Care and community helps mentally distressed find their way home in Telangana's Khammam

A volunteer organisation based in Khammam town, Annam Seva Foundation has been rendering yeoman services to destitute persons and those in distress for the past few years.
Representational image (File photo | EPS)
Representational image (File photo | EPS)

KHAMMAM:  Sunil Gogai, 35, a person with a mental illness, reached Khammam a few years back. Hailing from Assam, Sunil Gogai arrived on a train that he boarded without the knowledge of his family members. While he was on the streets, not knowing where to go, a few police officials noticed Gogai and sent him to the Annam Seva Foundation.

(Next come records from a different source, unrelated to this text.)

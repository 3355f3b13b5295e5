ghost use Rattle.std.specs.Prelude.{◌++◌, [], codes, map};
ghost use Rattle.mir_syntax.specs.Crate.{field_of, variant_of, def_of, outside_of};
ghost use Rattle.mir_syntax.specs.Tree.{at_id, trees_of};
ghost use Rattle.mir_text.specs.TypeText.{piece, more_items, comma_list, type_text};
ghost use Rattle.mir_text.specs.Text.{field_ty_text, field_text, braced_text, fields_text, variant_text, variants_text, struct_text, shape_text, def_word, def_text, defs_text, outside_text, outsides_text};
ghost use Rattle.mir_print.specs.Seen.{crate_in};
ghost use Rattle.mir_print.specs.Prints.{Goes, at};

use crate::output::Output;
use crate::types::{put_name, put_type, put_types};
use mir_syntax::{Def, Field, Form, List, Outside, Program, Variant};
use pipe_io::Sink;

#[tactic(auto, unfolding(mir_text::specs::Text::field_ty_text))]
fn put_field_ty<K: Sink>(output: &mut Output, sink: &mut K, program: &Program, field: &Field)
    ensures { Goes (at (K.written sink.old) (K.faults sink.old) output.old)
        (at (K.written sink.new) (K.faults sink.new) output.new) (field_ty_text (crate_in program.now) (field_of (trees_of program.now.types) field.now)) }
{
    put_type(output, sink, program, field.ty);
}

#[tactic(auto, using(crate::proofs::Printing::goes_then))]
fn put_next_field_ty<K: Sink>(output: &mut Output, sink: &mut K, program: &Program, field: &Field)
    ensures { Goes (at (K.written sink.old) (K.faults sink.old) output.old)
        (at (K.written sink.new) (K.faults sink.new) output.new) (piece (codes ", ") ++ field_ty_text (crate_in program.now) (field_of (trees_of program.now.types) field.now)) }
{
    output.put(sink, b", ");
    put_field_ty(output, sink, program, field);
}

// The types of fields after the first one.
fn put_more_field_tys<K: Sink>(
    output: &mut Output,
    sink: &mut K,
    program: &Program,
    fields: &[Field],
)
    ensures { Goes (at (K.written sink.old) (K.faults sink.old) output.old)
        (at (K.written sink.new) (K.faults sink.new) output.new) (more_items (field_ty_text (crate_in program.now)) (map (field_of (trees_of program.now.types)) fields.now)) }
{
    for field in fields {
        put_next_field_ty(output, sink, program, field);
    }
}

#[tactic(auto, using(crate::proofs::Printing::goes_then, crate::proofs::Printing::goes_nothing), unfolding(mir_text::specs::TypeText::comma_list))]
fn put_field_tys<K: Sink>(output: &mut Output, sink: &mut K, program: &Program, fields: &[Field])
    ensures { Goes (at (K.written sink.old) (K.faults sink.old) output.old)
        (at (K.written sink.new) (K.faults sink.new) output.new) (comma_list (field_ty_text (crate_in program.now)) (map (field_of (trees_of program.now.types)) fields.now)) }
{
    match fields {
        [] => {}
        [first, others @ ..] => {
            put_field_ty(output, sink, program, first);
            put_more_field_tys(output, sink, program, others);
        }
    }
}

#[tactic(auto, using(crate::proofs::Printing::goes_then), unfolding(mir_text::specs::Text::field_text))]
fn put_field<K: Sink>(output: &mut Output, sink: &mut K, program: &Program, field: &Field)
    ensures { Goes (at (K.written sink.old) (K.faults sink.old) output.old)
        (at (K.written sink.new) (K.faults sink.new) output.new) (field_text (crate_in program.now) (field_of (trees_of program.now.types) field.now)) }
{
    put_name(output, sink, &field.name);
    output.put(sink, b": ");
    put_type(output, sink, program, field.ty);
}

#[tactic(auto, using(crate::proofs::Printing::goes_then))]
fn put_next_field<K: Sink>(output: &mut Output, sink: &mut K, program: &Program, field: &Field)
    ensures { Goes (at (K.written sink.old) (K.faults sink.old) output.old)
        (at (K.written sink.new) (K.faults sink.new) output.new) (piece (codes ", ") ++ field_text (crate_in program.now) (field_of (trees_of program.now.types) field.now)) }
{
    output.put(sink, b", ");
    put_field(output, sink, program, field);
}

// Fields with their names, after the first one.
fn put_more_fields<K: Sink>(output: &mut Output, sink: &mut K, program: &Program, fields: &[Field])
    ensures { Goes (at (K.written sink.old) (K.faults sink.old) output.old)
        (at (K.written sink.new) (K.faults sink.new) output.new) (more_items (field_text (crate_in program.now)) (map (field_of (trees_of program.now.types)) fields.now)) }
{
    for field in fields {
        put_next_field(output, sink, program, field);
    }
}

// Fields with their names, in braces.
#[tactic(auto, using(crate::proofs::Printing::goes_then), unfolding(mir_text::specs::Text::braced_text))]
fn put_braced<K: Sink>(output: &mut Output, sink: &mut K, program: &Program, fields: &[Field])
    ensures { Goes (at (K.written sink.old) (K.faults sink.old) output.old)
        (at (K.written sink.new) (K.faults sink.new) output.new) (braced_text (crate_in program.now) (map (field_of (trees_of program.now.types)) fields.now)) }
{
    match fields {
        [] => output.put(sink, b" {}"),
        [first, others @ ..] => {
            output.put(sink, b" { ");
            put_field(output, sink, program, first);
            put_more_fields(output, sink, program, others);
            output.put(sink, b" }");
        }
    }
}

#[tactic(auto, using(crate::proofs::Printing::goes_then))]
fn put_parens<K: Sink>(
    output: &mut Output,
    sink: &mut K,
    program: &Program,
    fields: &[Field],
    end: &[u8],
)
    ensures { Goes (at (K.written sink.old) (K.faults sink.old) output.old)
        (at (K.written sink.new) (K.faults sink.new) output.new) (piece (codes "(") ++ (comma_list (field_ty_text (crate_in program.now)) (map (field_of (trees_of program.now.types)) fields.now) ++ (piece (codes ")") ++ piece end.now))) }
{
    output.put(sink, b"(");
    put_field_tys(output, sink, program, fields);
    output.put(sink, b")");
    output.put(sink, end);
}

// The fields of a form, and then a text that braces do without.
#[tactic(auto, unfolding(mir_text::specs::Text::fields_text))]
fn put_fields<K: Sink>(
    output: &mut Output,
    sink: &mut K,
    program: &Program,
    form: Form,
    fields: &[Field],
    end: &[u8],
)
    ensures { Goes (at (K.written sink.old) (K.faults sink.old) output.old)
        (at (K.written sink.new) (K.faults sink.new) output.new) (fields_text (crate_in program.now) form (map (field_of (trees_of program.now.types)) fields.now) (piece end.now)) }
{
    match form {
        Form::Unit => output.put(sink, end),
        Form::Tuple => put_parens(output, sink, program, fields, end),
        Form::Named => put_braced(output, sink, program, fields),
    }
}

#[tactic(auto, unfolding(mir_text::specs::TypeText::piece))]
fn put_variant_fields<K: Sink>(
    output: &mut Output,
    sink: &mut K,
    program: &Program,
    variant: &Variant,
)
    ensures { Goes (at (K.written sink.old) (K.faults sink.old) output.old)
        (at (K.written sink.new) (K.faults sink.new) output.new) (fields_text (crate_in program.now) variant.now.form (map (field_of (trees_of program.now.types)) variant.now.fields) []) }
{
    put_fields(
        output,
        sink,
        program,
        variant.form,
        variant.fields.as_slice(),
        b"",
    );
}

#[tactic(auto, using(crate::proofs::Printing::goes_then), unfolding(mir_text::specs::Text::variant_text))]
fn put_variant<K: Sink>(output: &mut Output, sink: &mut K, program: &Program, variant: &Variant)
    ensures { Goes (at (K.written sink.old) (K.faults sink.old) output.old)
        (at (K.written sink.new) (K.faults sink.new) output.new) (variant_text (crate_in program.now) (variant_of (trees_of program.now.types) variant.now)) }
{
    put_name(output, sink, &variant.name);
    put_variant_fields(output, sink, program, variant);
}

#[tactic(auto, using(crate::proofs::Printing::goes_then))]
fn put_next_variant<K: Sink>(
    output: &mut Output,
    sink: &mut K,
    program: &Program,
    variant: &Variant,
)
    ensures { Goes (at (K.written sink.old) (K.faults sink.old) output.old)
        (at (K.written sink.new) (K.faults sink.new) output.new) (piece (codes ", ") ++ variant_text (crate_in program.now) (variant_of (trees_of program.now.types) variant.now)) }
{
    output.put(sink, b", ");
    put_variant(output, sink, program, variant);
}

// The variants of an enum after the first one.
fn put_more_variants<K: Sink>(
    output: &mut Output,
    sink: &mut K,
    program: &Program,
    variants: &[Variant],
)
    ensures { Goes (at (K.written sink.old) (K.faults sink.old) output.old)
        (at (K.written sink.new) (K.faults sink.new) output.new) (more_items (variant_text (crate_in program.now)) (map (variant_of (trees_of program.now.types)) variants.now)) }
{
    for variant in variants {
        put_next_variant(output, sink, program, variant);
    }
}

// The variants of an enum, in braces.
#[tactic(auto, using(crate::proofs::Printing::goes_then), unfolding(mir_text::specs::Text::variants_text))]
fn put_variants<K: Sink>(output: &mut Output, sink: &mut K, program: &Program, variants: &[Variant])
    ensures { Goes (at (K.written sink.old) (K.faults sink.old) output.old)
        (at (K.written sink.new) (K.faults sink.new) output.new) (variants_text (crate_in program.now) (map (variant_of (trees_of program.now.types)) variants.now)) }
{
    match variants {
        [] => output.put(sink, b" {}"),
        [first, others @ ..] => {
            output.put(sink, b" { ");
            put_variant(output, sink, program, first);
            put_more_variants(output, sink, program, others);
            output.put(sink, b" }");
        }
    }
}

fn put_struct_fields<K: Sink>(
    output: &mut Output,
    sink: &mut K,
    program: &Program,
    variant: &Variant,
)
    ensures { Goes (at (K.written sink.old) (K.faults sink.old) output.old)
        (at (K.written sink.new) (K.faults sink.new) output.new) (fields_text (crate_in program.now) variant.now.form (map (field_of (trees_of program.now.types)) variant.now.fields) (piece (codes ";"))) }
{
    put_fields(
        output,
        sink,
        program,
        variant.form,
        variant.fields.as_slice(),
        b";",
    );
}

// The fields of a struct: those of its one variant.
#[tactic(auto, using(crate::proofs::Printing::goes_nothing), unfolding(mir_text::specs::Text::struct_text))]
fn put_struct<K: Sink>(output: &mut Output, sink: &mut K, program: &Program, variants: &[Variant])
    ensures { Goes (at (K.written sink.old) (K.faults sink.old) output.old)
        (at (K.written sink.new) (K.faults sink.new) output.new) (struct_text (crate_in program.now) (map (variant_of (trees_of program.now.types)) variants.now)) }
{
    match variants {
        [] => {}
        [variant, ..] => put_struct_fields(output, sink, program, variant),
    }
}

// What follows the path of a struct or enum.
#[tactic(auto, unfolding(mir_text::specs::Text::shape_text))]
fn put_shape<K: Sink>(
    output: &mut Output,
    sink: &mut K,
    program: &Program,
    is_enum: bool,
    variants: &List<Variant>,
)
    ensures { Goes (at (K.written sink.old) (K.faults sink.old) output.old)
        (at (K.written sink.new) (K.faults sink.new) output.new) (shape_text (crate_in program.now) is_enum (map (variant_of (trees_of program.now.types)) variants.now)) }
{
    if is_enum {
        put_variants(output, sink, program, variants.as_slice());
    } else {
        put_struct(output, sink, program, variants.as_slice());
    }
}

#[tactic(auto, unfolding(mir_text::specs::Text::def_word))]
fn put_def_word<K: Sink>(output: &mut Output, sink: &mut K, is_enum: bool)
    ensures { Goes (at (K.written sink.old) (K.faults sink.old) output.old)
        (at (K.written sink.new) (K.faults sink.new) output.new) (piece (def_word is_enum)) }
{
    if is_enum {
        output.put(sink, b"enum ");
    } else {
        output.put(sink, b"struct ");
    }
}

#[tactic(auto, using(crate::proofs::Printing::goes_then), unfolding(mir_text::specs::Text::def_text))]
fn put_def<K: Sink>(output: &mut Output, sink: &mut K, program: &Program, def: &Def)
    ensures { Goes (at (K.written sink.old) (K.faults sink.old) output.old)
        (at (K.written sink.new) (K.faults sink.new) output.new) (def_text (crate_in program.now) (def_of (trees_of program.now.types) def.now)) }
{
    put_def_word(output, sink, def.is_enum);
    put_name(output, sink, &def.path);
    put_shape(output, sink, program, def.is_enum, &def.variants);
    output.put(sink, b"\n");
}

/// Prints structs and enums, each in a line.
pub fn put_defs<K: Sink>(output: &mut Output, sink: &mut K, program: &Program, defs: &[Def])
    ensures { Goes (at (K.written sink.old) (K.faults sink.old) output.old)
        (at (K.written sink.new) (K.faults sink.new) output.new) (defs_text (crate_in program.now) (map (def_of (trees_of program.now.types)) defs.now)) }
{
    for def in defs {
        put_def(output, sink, program, def);
    }
}

fn put_arg_types<K: Sink>(output: &mut Output, sink: &mut K, program: &Program, outside: &Outside)
    ensures { Goes (at (K.written sink.old) (K.faults sink.old) output.old)
        (at (K.written sink.new) (K.faults sink.new) output.new) (comma_list (type_text (crate_in program.now)) (map (at_id (trees_of program.now.types)) outside.now.args)) }
{
    put_types(output, sink, program, outside.args.as_slice());
}

#[tactic(auto, using(crate::proofs::Printing::goes_then), unfolding(mir_text::specs::Text::outside_text))]
fn put_outside<K: Sink>(output: &mut Output, sink: &mut K, program: &Program, outside: &Outside)
    ensures { Goes (at (K.written sink.old) (K.faults sink.old) output.old)
        (at (K.written sink.new) (K.faults sink.new) output.new) (outside_text (crate_in program.now) (outside_of (trees_of program.now.types) outside.now)) }
{
    output.put(sink, b"extern fn ");
    put_name(output, sink, &outside.path);
    output.put(sink, b"(");
    put_arg_types(output, sink, program, outside);
    output.put(sink, b") -> ");
    put_type(output, sink, program, outside.result);
    output.put(sink, b";\n");
}

/// Prints outside functions, each in a line.
pub fn put_outsides<K: Sink>(
    output: &mut Output,
    sink: &mut K,
    program: &Program,
    outsides: &[Outside],
)
    ensures { Goes (at (K.written sink.old) (K.faults sink.old) output.old)
        (at (K.written sink.new) (K.faults sink.new) output.new) (outsides_text (crate_in program.now) (map (outside_of (trees_of program.now.types)) outsides.now)) }
{
    for outside in outsides {
        put_outside(output, sink, program, outside);
    }
}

Similarly, the foundation has been providing shelter to another person named Markus, a resident of Jharkhand, too for the past four years.

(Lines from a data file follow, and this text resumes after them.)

ghost use Rattle.std.specs.Prelude.{◌++◌, codes, decimal, map};
ghost use Rattle.mir_syntax.specs.Crate.{stmt_of};
ghost use Rattle.mir_syntax.specs.Tree.{at_id, trees_of};
ghost use Rattle.mir_text.specs.TypeText.{piece};
ghost use Rattle.mir_text.specs.PlaceText.{local_text, place_text};
ghost use Rattle.mir_text.specs.StatementText.{stmt_text, stmt_line, stmts_text};
ghost use Rattle.mir_print.specs.Seen.{crate_in};
ghost use Rattle.mir_print.specs.Prints.{Goes, at};

use crate::output::Output;
use crate::place::{put_local, put_place};
use crate::rvalue::put_rvalue;
use mir_syntax::{Place, Program, Stmt, TyId};
use pipe_io::Sink;

#[tactic(auto, using(crate::proofs::Printing::goes_then))]
fn put_set_discriminant<K: Sink>(
    output: &mut Output,
    sink: &mut K,
    program: &Program,
    locals: &[TyId],
    place: &Place,
    variant: u32,
)
    ensures { Goes (at (K.written sink.old) (K.faults sink.old) output.old)
        (at (K.written sink.new) (K.faults sink.new) output.new) (piece (codes "discriminant(") ++ (place_text (crate_in program.now) (map (at_id (trees_of program.now.types)) locals.now) place.now ++ (piece (codes ") = ") ++ piece (decimal variant)))) }
{
    output.put(sink, b"discriminant(");
    put_place(output, sink, program, locals, place);
    output.put(sink, b") = ");
    output.put_number(sink, variant as u128);
}

#[tactic(auto, using(crate::proofs::Printing::goes_then), unfolding(mir_text::specs::StatementText::stmt_text))]
fn put_stmt<K: Sink>(
    output: &mut Output,
    sink: &mut K,
    program: &Program,
    locals: &[TyId],
    stmt: &Stmt,
)
    ensures { Goes (at (K.written sink.old) (K.faults sink.old) output.old)
        (at (K.written sink.new) (K.faults sink.new) output.new) (stmt_text (crate_in program.now) (map (at_id (trees_of program.now.types)) locals.now) (stmt_of (trees_of program.now.types) stmt.now)) }
{
    match stmt {
        Stmt::Assign(place, value) => {
            put_place(output, sink, program, locals, place);
            output.put(sink, b" = ");
            put_rvalue(output, sink, program, locals, value);
        }
        Stmt::StorageLive(local) => {
            output.put(sink, b"StorageLive(");
            put_local(output, sink, *local as u128);
            output.put(sink, b")");
        }
        Stmt::StorageDead(local) => {
            output.put(sink, b"StorageDead(");
            put_local(output, sink, *local as u128);
            output.put(sink, b")");
        }
        Stmt::SetDiscriminant(place, variant) => put_set_discriminant(
            output, sink, program, locals, place, *variant,
        ),
    }
}

#[tactic(auto, using(crate::proofs::Printing::goes_then), unfolding(mir_text::specs::StatementText::stmt_line))]
fn put_stmt_line<K: Sink>(
    output: &mut Output,
    sink: &mut K,
    program: &Program,
    locals: &[TyId],
    stmt: &Stmt,
)
    ensures { Goes (at (K.written sink.old) (K.faults sink.old) output.old)
        (at (K.written sink.new) (K.faults sink.new) output.new) (stmt_line (crate_in program.now) (map (at_id (trees_of program.now.types)) locals.now) (stmt_of (trees_of program.now.types) stmt.now)) }
{
    output.put(sink, b"        ");
    put_stmt(output, sink, program, locals, stmt);
    output.put(sink, b";\n");
}

/// Prints statements, each in a line.
pub fn put_stmts<K: Sink>(
    output: &mut Output,
    sink: &mut K,
    program: &Program,
    locals: &[TyId],
    stmts: &[Stmt],
)
    ensures { Goes (at (K.written sink.old) (K.faults sink.old) output.old)
        (at (K.written sink.new) (K.faults sink.new) output.new) (stmts_text (crate_in program.now) (map (at_id (trees_of program.now.types)) locals.now) (map (stmt_of (trees_of program.now.types)) stmts.now)) }
{
    for stmt in stmts {
        put_stmt_line(output, sink, program, locals, stmt);
    }
}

Thanks to the selfless efforts of the organisation members, the two persons in distress have finally reunited with their respective families. According to sources, ever since they both reached Annam Seva Foundation, the volunteers had been taking good care of them, providing food and medicines. As a result of the quality treatment provided by the members, the two were finally able to recollect the names of their native village. And, with the help of an IIT-Guwahati professor who hails from Andhra Pradesh, the organisation finally traced their respective families last week.

A volunteer organisation based in Khammam town, Annam Seva Foundation has been rendering yeoman services to destitute persons and those in distress for the past few years. It also takes care of persons with mental illness by providing them treatment, along with food and accommodation, and reunite them with their families, apart from looking after the homeless.

More than 200 success stories
According to sources, the organisation has managed to reunite more than 200 persons, who belong to various States across the country, with their families, since its establishment in 2016. Annam Srinivasa Rao, a retired BSNL employee, set up the organisation to lend a helping to people from all walks of life. He put his entire retirement benefits into this initiative and constructed a temporary building in Khammam town. Later, he remodelled the structure and now it provides accommodation to about 305 mentally and physically challenged persons, and orphans. Srinivasa Rao says that the cooperation of police officials has helped him a lot.

“Nothing makes me happier than reuniting a family with their long-lost dear ones. It’s so satisfying to see the smile on their faces. Though we face difficulties tracing some families as they live in interior parts of other States, we take it as a challenge since these persons in distress won’t be in a position to share much details about their family members and go all out to get the job done,” Srinivasa adds. Khammam legal services authority officials and some others have been supporting the foundation for the past few years.